Search
Close this search box.

FEATURES

Young Voices: What to Do with Impermanence

Young Voices is a special project from Buddhistdoor Global collecting insightful essays written by high school students in the US who have attended experiential-learning-based courses rooted in the Buddhist teaching. Inspired by and running in parallel with BDGBeginner’s Mind project for college students, Young Voices offers a platform for these high school students to share essays expressing their impressions and perspectives on their exposure to the Buddhadharma and its relationship with their hopes, aspirations, and expectations. 

Olivia Yang wrote this essay in the spring of her senior year for herListening to the Buddhists in Our Backyard” class at Phillips Academy, a high school in Massachusetts. Originally from North Carolina, Olivia plans to go on to study computer science and comparative literature.

What to Do with Impermanence

What should we do with impermanence?

As a high schooler, my answer for a long time would probably have been something along the lines of escape it. Drill formulas into your brain until you can regurgitate them in your sleep. Shuffle flash cards until the white of the paper becomes a worn yellow, proving adequacy. Uncertainty, imperfection, and incompletion can be scary, especially in competitive and high-pressure environments.
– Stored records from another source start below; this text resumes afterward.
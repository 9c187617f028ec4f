// Tables of allowed pairs: how a cell is found, the checks of its shape, a pair struck.
#![tactic(auto)]

pub mod layout;
pub mod shaping;
pub mod striking;

pub use layout::{
    FIELDS_MOST, READINGS_MOST, Row, cell, cell_start, field_size, first_row, row_at, row_word,
    table_length,
};
pub use shaping::{shape, sized};
pub use striking::strike;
But now I’m beginning to doubt this answer. Recently, I have been lucky enough to participate in an experimental education model called the Workshop, which immerses students in a term of project-based learning that takes us out of the classroom and into the real world. As a group of 22 students, we Workshoppers (as we affectionately call ourselves) have opted to replace our five distinct classes per term with one larger, public-facing project. As part of our work, we also discuss pedagogical methods and sustainable ways of thinking, becoming, and living. I have also had the opportunity to work more closely alongside five of my peers and my teachers, Mr. Andrew Housiaux and Ms. Chenxing Han, to develop an understanding of local Buddhist traditions in our surrounding Merrimack Valley community. 

For two weeks, our group traveled to temples, centers, and academic institutions to speak directly with monastics, laypeople, and scholars about their experiences engaging with Buddhism. All of the wonderful people we visited were generous enough to share their wisdom and open their doors to us without asking for anything in return. In just over two weeks, my peers and I have been overwhelmed by a profound empathy and kindness that has redirected our academic, social, and emotional trajectories.

Amy, an influential layperson at Wat Boston Buddha Vararam, a Thai Theravada temple, shared her story of leaving Thailand in the hope of seeking more freedom. Her words spoke to the sheer strength and determination of her character and of embracing new possibilities. Buddhism teaches us about the reconciliation of suffering and the acknowledgement of life’s transience—and almost every day that we visited temples, monastics and laypeople would remind us of this impermanence through their words and actions. As Amy spoke, the lunch table (the temple was gracious enough to offer us food after Sunday service) fell silent. Her words spoke to a universal truth: no story is static. No story is finished.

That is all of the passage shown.